Les élections politiques organisées au Gabon
représentent une étape importante dans la gestion de l'appareil
d'État. C'est également une période où le pays
semble entrer dans une sorte de « coma » ; affectant par la suite le
fonctionnement de l'administration et du service public. C'est le temps des
différentes stratégies électorales mises en place par les
entrepreneurs politiques.

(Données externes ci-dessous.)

//! Writes a journal's entry as bytes, and reads it back.
//!
//! The encoding is compact. A small number takes one byte, a name or string takes its own bytes and
//! a number that gives their count, and an outcome takes bytes only if it is a node. `set 1 "size"
//! LONG 5`, written by pass 0, takes eleven bytes.
//!
//! # What is proved The bytes that are appended are `entry_bytes`, which depends only on the entry
//! (`specs/Encoding.antt`). An entry that was written is read back unchanged, whatever follows it
//! (`entry_is_read`). An entry takes at most 18 bytes plus 356 per operation (`entry_is_short`), so
//! a writer can reserve memory beforehand.
#![tactic(auto)]

mod laws;
mod ranges;
mod reading;
mod writing;

pub use laws::{entry_is_read, entry_is_short};
pub use ranges::outcomes_can_be;
pub use reading::{read_entry, read_head, read_step, read_steps, skip_entry};
pub use writing::{most_bytes, write_entry};
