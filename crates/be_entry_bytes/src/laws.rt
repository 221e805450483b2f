//! Laws about the bytes of entries, for the crates above this one.
//!
//! Each is a function that does nothing; its contract is the law.
ghost use Rattle.std.specs.Prelude.{◌≡◌, ◌≤◌, ◌++◌, ℕ, List, length};
ghost use Rattle.be_entry_bytes.specs.Decoding.{entry_at, found};
ghost use Rattle.be_entry_bytes.specs.Encoding.{entry_bytes, most_bytes, CanBeEntry};
ghost use Rattle.be_volume.specs.declared.ops.Done.{Done as AnyDone};
ghost use Rattle.be_volume.specs.declared.ops.Op.{Op as AnyOp};

/// A law: an entry that was written is read back unchanged, whatever follows it.
pub fn entry_is_read()
    ensures { (by : ℕ) (ops : List AnyOp) (dones : List AnyDone) (rest : List ℕ)
        → CanBeEntry by ops dones →
        entry_at (entry_bytes by ops dones ++ rest) ≡ found by ops dones rest }
{}

/// A law: an entry has at most 18 bytes plus 356 per operation.
pub fn entry_is_short()
    ensures { (by : ℕ) (ops : List AnyOp) (dones : List AnyDone) → CanBeEntry by ops dones →
        length (entry_bytes by ops dones) ≤ most_bytes (length ops) }
{}
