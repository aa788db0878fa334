// Symbols and strings, each with its own count before it.
ghost use Rattle.std.specs.Prelude.{ℕ, ◌<◌, map, get_or};
ghost use Rattle.definitions.specs.Module.{name_bytes, text_bytes};
ghost use Rattle.state.specs.Words.{text_at};
ghost use Rattle.state.specs.State.{spelled};

use crate::list::Listed;
use names::spell::{spelling, text_part};
use writing::numbers::write_counted;

// Symbols, by where each was first made.
#[derive(Clone, Copy)]
pub(crate) struct Symbols<'a> {
    pub tree: &'a [u8],
    pub made: &'a [u8],
    pub entries: &'a [u32],
    ghost tree_bytes: { (i : ℕ) → get_or tree.now i 0 < 256 },
    ghost made_bytes: { (i : ℕ) → get_or made.now i 0 < 256 },
}

impl Listed for Symbols<'_> {
    ghost elements = { λ s. map (λ w. name_bytes (spelled s.tree.now s.made.now w)) s.entries.now };

    fn count(&self) -> usize {
        self.entries.len()
    }

    fn size_at(&self, i: usize) -> usize {
        1 + spelling(self.tree, self.made, self.entries[i]).len()
    }

    fn write_at(&self, i: usize, out: &mut [u8]) -> usize {
        write_counted(1, spelling(self.tree, self.made, self.entries[i]), out)
    }
}

// Strings, by their places in the tree.
#[derive(Clone, Copy)]
pub(crate) struct Strings<'a> {
    pub tree: &'a [u8],
    pub entries: &'a [u32],
    ghost tree_bytes: { (i : ℕ) → get_or tree.now i 0 < 256 },
}

impl Listed for Strings<'_> {
    ghost elements = { λ s. map (λ w. text_bytes (text_at s.tree.now w)) s.entries.now };

    fn count(&self) -> usize {
        self.entries.len()
    }

    fn size_at(&self, i: usize) -> usize {
        2 + text_part(self.tree, self.entries[i] as usize).len()
    }

    fn write_at(&self, i: usize, out: &mut [u8]) -> usize {
        write_counted(2, text_part(self.tree, self.entries[i] as usize), out)
    }
}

C'est alors le temps des déplacements massifs
des électeurs, du clientélisme électoral ; ou encore, pour
d'autres, c'est le recours aux pratiques fétichistes ou pratiques
sorcellaires telles les attaques mystiques, les kidnappings d'enfants, avec non
seulement les mutilations de leurs corps tout comme ceux des jeunes femmes et
des émasculations des hommes. Plus important, est l'objet de ce
mémoire : ce sont les profanations des tombes censées assurer les
succès électoraux des hommes politiques qui y ont recours.
En effet, les profanations des tombes,
particulièrement au cimetière de Mindoubé sont monnaie
courante à Libreville depuis au moins 4 ans. C'est un
phénomène qui tend à prendre de l'ampleur sans que les
pouvoirs publics puissent réagir. Pour le sociologue, les profanations
des tombes constituent le point de départ d'une investigation qui va le
conduire vers l'explication ou d'un tel phénomène qui lie
fétichisme et pouvoir au Gabon.
« Ainsi le problème sociologique n'est pas tant
de savoir pourquoi les choses "ne vont pas bien" selon le point de vue des
autorités [...] mais bien comment le système entier fonctionne
d'abord, quelles sont ses fondations et comment il est maintenu ensemble
».1 Dans le même ordre d'idée, «
l'explication sociologique consiste exclusivement à établir des
rapports de causalité, qu'il s'agisse de rattacher un
phénomène à sa causalité, ou, au contraire, une
cause à ses effets utiles. »2
1 P.L. BERGER, Invitation to sociology, Pelican Books,
Harmondsworth, 1977, pp.49-50 cité par Claude JAVEAU in
Leçons de Sociologie, 2ème tirage, Paris,
Armand Colin, 2001, p.82.
2 Emile DURKHEIM, Les règles de la méthode
sociologique, 11ème édition, Paris, Puf/Quadrige,
2002, p.124.
Davantage, « quand on entreprend d'expliquer un
phénomène social, il faut rechercher séparément la
cause efficiente qui le produit et la fonction qu'il remplit
».3
En résumé, « le travail de la sociologie
consiste à aller au-delà de l'apparence, des mouvements, des
catégories de la pratique, du bon sens, pour retrouver non pas des
principes ou des valeurs et pas davantage des réalités
matérielles, [...] mais l'action de la société sur
elle-même et les relations sociales définies par les
différents types d'action ».4 Il faut rappeler que les
actes de fétichisme et de sorcellerie persistent au Gabon depuis
près d'une décennie sans que l'État ne réagisse
réellement. A en croire le Code de procédure
pénal5 en vigueur au Gabon, « quiconque aura
profané ou mutilé un cadavre, même non inhumé sera
puni d'un emprisonnement de trois mois à un an et d'une amende de 24.000
à 120.000 fcfa. D'autant plus que dégrader tout tombeau et/ou ses
ornements (croix, couronnes, dalle, etc.) constitue un délit qui peut
rendre un individu coupable de violation de tombeaux ou de sépultures
(qui) sera puni d'un emprisonnement de trois mois à un an et d'une
amende de 24.000 à 120.000 fcfa ».
En conséquence, la présente étude va
tenter d'analyser le lien qui existe entre les profanations des tombes, ce que
nous appelons « le fétichisme politique » et le pouvoir au
Gabon ; de même que ses implications dans la réalité
sociale gabonaise.
3 Emile DURKHEIM, Les règles de la méthode
sociologique, ibid., p.95.
4 Alain TOURAINE, Pour la sociologie, Paris, Editions
du Seuil, (coll. «Points »), 1974, p.238.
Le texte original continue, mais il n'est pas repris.